Julia Vorobjova: The X-Ray Woman

The story of a woman and her curious healing powers

Somebody save the “X-Ray woman”. She has been healing hundreds of people for years and years, including illustrious people who ended up in history books. Now she is abandoned, alone, in a poor room in Donetsk, surrounded by the sad grayness of the rural Ukraine, the land of coal mines. Julia Vorobjova, seventy years old, salaried worker with a missionary smile, is not a common sensitive sorceress: she is like a superhero, as she is given exceptional powers which allow her to see and foresee other people’s diseases by simply looking “inside” their bodies.

The list of people who have benefited from her unique abilities is surprisingly long and, naturally, quite uncertain: Julia’s piercing eyes examined many Soviet Politburo members, such as Breznev and his successor as head of the PCUS, Andropov. Then, Boris Eltsin, Mikhail Gorbaciov, the first lady Raissa and the French president Mitterrand.

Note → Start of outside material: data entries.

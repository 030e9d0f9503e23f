//! The text of an answer.

ghost use Rattle.std.specs.Prelude.{◌≡◌, ◌≢◌, ◌<◌, ◌≤◌, ◌∷◌, [], ℕ, List, IfOk, MatchResult, length};
ghost use Rattle.ground_task.specs.Tasks.{TaskValue};
ghost use Rattle.search_runs.specs.Answers.{path_to};
ghost use Rattle.search_runs.specs.declared.answers.Answer.TheVariants as variant;
ghost use Rattle.search_records.specs.Records.{IsKnownAnswer, IsLegalRecord, IsSound};
ghost use Rattle.answer_text.specs.Sending.{IsAnswerSent, IsAnswerWritten, IsCause, IsSent, IsUnsentCause};
ghost use Rattle.answer_text.specs.Texts.{AreLines, full_line, HasText, IsTextOf, overflow_lines, plan_lines};
ghost use Rattle.answer_text.specs.internal.Listed.{AreFew, AreReady, lines_of};

use crate::faults::{SendFault, Unsent};
use crate::lines::Lines;
use crate::paths::{numbered, overflow_line, path_to};
use crate::sending::send;
use crate::states::sorted_states;
use edge_io::Sink;
use num_ends::{List, NoMemory};
use search_records::Record;
use search_runs::{Answer, Full, Site};
use std::alloc::Global;

/// One line.
fn one_line<'a>(alloc: Global, line: List<u8>) -> Lines<'a>
    ensures lines { (t : TaskValue) → lines_of t result ≡ line ∷ [] }
    ensures few { AreFew result }
    ensures ready { (t : TaskValue) → AreReady t result }
{
    Lines::Steps(line, List::new(alloc))
}

/// The lines of a plan.
fn plan_lines<'a>(alloc: Global, found: &'a Record, node: u32) -> Result<Lines<'a>, NoMemory>
    requires sound { IsSound found.now }
    requires known { node < length found.now.nodes }
    ensures lines { IfOk result (λ lines. lines_of found.now.task lines ≡ plan_lines found.now.task (path_to found.now.nodes node)) }
    ensures few { IfOk result AreFew }
    ensures ready { IfOk result (AreReady found.now.task) }
{
    let path = path_to(alloc, found.nodes.as_slice(), node)?;
    let head = numbered(alloc, b"; PLAN ", path.len() as u64)?;
    Ok(Lines::Steps(head, path))
}

/// The lines of what leaves the range of numbers.
fn overflow_lines<'a>(
    alloc: Global,
    found: &'a Record,
    node: u32,
    site: Site,
) -> Result<Lines<'a>, NoMemory>
    requires sound { IsSound found.now }
    requires known { node < length found.now.nodes }
    ensures lines { IfOk result (λ lines. lines_of found.now.task lines ≡ overflow_lines found.now.task (path_to found.now.nodes node) site) }
    ensures few { IfOk result AreFew }
    ensures ready { IfOk result (AreReady found.now.task) }
{
    let path = path_to(alloc, found.nodes.as_slice(), node)?;
    let head = overflow_line(alloc, &found.task, site)?;
    Ok(Lines::Steps(head, path))
}

/// The lines of the certificate.
#[tactic(auto, using(crate::proofs::Told::exhausted_lines, crate::proofs::Told::ready_states))]
fn certificate_lines<'a>(alloc: Global, found: &'a Record) -> Result<Lines<'a>, NoMemory>
    requires sound { IsSound found.now }
    ensures lines { IfOk result (λ lines. AreLines found.now variant.Exhausted (lines_of found.now.task lines)) }
    ensures few { IfOk result AreFew }
    ensures ready { IfOk result (AreReady found.now.task) }
{
    let states = sorted_states(alloc, found.nodes.as_slice())?;
    Ok(Lines::Certificate(found.boxes.as_slice(), states))
}

/// The line of what a search had no room for.
fn full_line(alloc: Global, full: Full) -> Result<List<u8>, NoMemory>
    ensures { IfOk result (λ line. line ≡ full_line full) }
{
    let mut line = List::new(alloc);
    match full {
        Full::States => line.extend_from_slice(b"LIMIT states 500000\n")?,
        Full::Boxes => line.extend_from_slice(b"LIMIT boxes 40000\n")?,
    }
    Ok(line)
}

/// The lines of an answer.
#[tactic(auto, using(crate::proofs::Told::site_there))]
fn lines_for<'a>(alloc: Global, found: &'a Record, answer: Answer) -> Result<Lines<'a>, NoMemory>
    requires sound { IsSound found.now }
    requires known { IsKnownAnswer found.now answer }
    requires told { answer ≢ variant.Starved }
    ensures lines { IfOk result (λ lines. AreLines found.now answer (lines_of found.now.task lines)) }
    ensures few { IfOk result AreFew }
    ensures ready { IfOk result (AreReady found.now.task) }
{
    match answer {
        Answer::Plan(node) => plan_lines(alloc, found, node),
        Answer::Exhausted => certificate_lines(alloc, found),
        Answer::Over(node, site) => overflow_lines(alloc, found, node, site),
        Answer::Expansions => {
            let line = numbered(alloc, b"LIMIT expansions ", u64::from(found.limit))?;
            Ok(one_line(alloc, line))
        }
        Answer::Filled(full) => Ok(one_line(alloc, full_line(alloc, full)?)),
        Answer::Starved => unreachable!(),
    }
}

// Lets the lines go.
pub(crate) fn discard(_lines: Lines) {}

/// Sends the text of this answer.
#[tactic(auto, using(crate::proofs::Told::unsent_text, crate::proofs::Told::sent_lines, crate::proofs::Nonempty::lines_some))]
fn send_as<S: Sink>(
    alloc: Global,
    found: &Record,
    answer: Answer,
    sink: &mut S,
) -> Result<(), Unsent>
    requires sound { IsSound found.now }
    requires known { IsKnownAnswer found.now answer }
    requires told { answer ≢ variant.Starved }
    ensures text { (text : List ℕ) × IsTextOf found.now answer text × IsSent (S.written sink.old) (S.written sink.new) text result }
    ensures later { S.faults sink.old ≤ S.faults sink.new }
    ensures cause { MatchResult result
        (λ _. S.faults sink.new ≡ S.faults sink.old)
        (IsUnsentCause (S.faults sink.old) (S.faults sink.new)) }
{
    let lines = lines_for(alloc, found, answer)?;
    let sent = send(alloc, &found.task, &lines, sink);
    discard(lines);
    sent
}

/// Sends the text of the answer of a record: a plan; a certificate that there is none; what the search ran out of; or what
/// leaves the range of numbers. At `Ok` the whole text was written.
///
/// # Errors
/// `Sink` where the sink counted a fault: a front of the text was written, and not all of it. `NoMemory` where there was no
/// memory before the first byte: nothing was written. `CutShort` where there was none for a later part: a front of the text was
/// written, of one byte or more, and not all of it.
#[tactic(auto, using(crate::proofs::Told::sound_record, crate::proofs::Told::told_as, crate::proofs::Told::no_answer, crate::proofs::Told::answer_sent))]
pub fn send_answer<S: Sink>(alloc: Global, found: &Record, sink: &mut S) -> Result<(), Unsent>
    requires legal { IsLegalRecord found.now }
    requires told { HasText found.now }
    ensures text { IsAnswerSent found.now (S.written sink.old) (S.written sink.new) result }
    ensures later { S.faults sink.old ≤ S.faults sink.new }
    ensures cause { MatchResult result
        (λ _. S.faults sink.new ≡ S.faults sink.old)
        (IsUnsentCause (S.faults sink.old) (S.faults sink.new)) }
{
    let _raw = found.task.raw();
    match found.answer() {
        Some(answer) => send_as(alloc, found, answer, sink),
        None => unreachable!(),
    }
}

/// Writes the text of the answer of a record, as [`send_answer`] does. After an error a front of the text was written, and not
/// all of it.
///
/// # Errors
/// `Sink` where the sink counted a fault, `NoMemory` where there was none for a part of the text.
#[tactic(auto, using(crate::proofs::Told::answer_cut))]
pub fn write_answer<S: Sink>(alloc: Global, found: &Record, sink: &mut S) -> Result<(), SendFault>
    requires legal { IsLegalRecord found.now }
    requires told { HasText found.now }
    ensures text { IsAnswerWritten found.now (S.written sink.old) (S.written sink.new) result }
    ensures later { S.faults sink.old ≤ S.faults sink.new }
    ensures cause { MatchResult result
        (λ _. S.faults sink.new ≡ S.faults sink.old)
        (IsCause (S.faults sink.old) (S.faults sink.new)) }
{
    match send_answer(alloc, found, sink) {
        Ok(()) => Ok(()),
        Err(fault) => Err(SendFault::from(fault)),
    }
}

Even Pope Wojtyla, during a visit to Ukraine, was monitored by Julia’s magic eyes who gave – they say – precious advice to the Vatican medical staff. Then, with less shame, she was questioned by actors, singers, writers and even a dozen Soviet cosmonauts who included a visit to Julia in the long list of superstitious rites to celebrate before every launch. In fact, it is no coincidence that the lady is a honorary citizen of the Moscow stellar city, pride of Russian space research.

Julia’s story starts on the 3rd of March, 1978, in a dusty space of the Petrovskaja mine in Donetsk, she is sitting at the wheel of her crane, hacking on the old and insecure control panel. It short-circuited with a 380-volt-electric shock. Rescue and medical response: instantaneous death. Her body was left at the municipal morgue and then offered to medical students by her relatives. Here, a miracle happens.

A student, instructed by a professor, operates the removal of a toe, but, as he approaches the seemingly dead foot, he is hit by a splash of blood: Julia is still alive. Taking the lady back to the hospital, it takes her about one year to come out of her coma and heal. When she wakes up, she notices a missing toe and, above all, she discovers her “powers”. Disbelief is a must.

Suspicious scientists come from the University of Moscow, ready to disprove the phenomenon, but they have to admit that there is no rational explanation: Julia can see inside their bodies. It is true, although unbelievable. Julia is then addressed to the secret “90th department” of the KGB, which monitors science and research. People start checking her services out and she doesn’t miss a thing.

After the end of USSR, after the demolition of secret structures, she is forgotten and abandoned to her destiny. She keeps on offering aid to patients for free, without any income. She just asks for a board and health care. Official papers say she has nothing to receive and, therefore, she appeals to newspapers, invokes a bit of charity and recalls a verdict expressed by Moscow scientists: her inexplicable powers work on everyone but herself.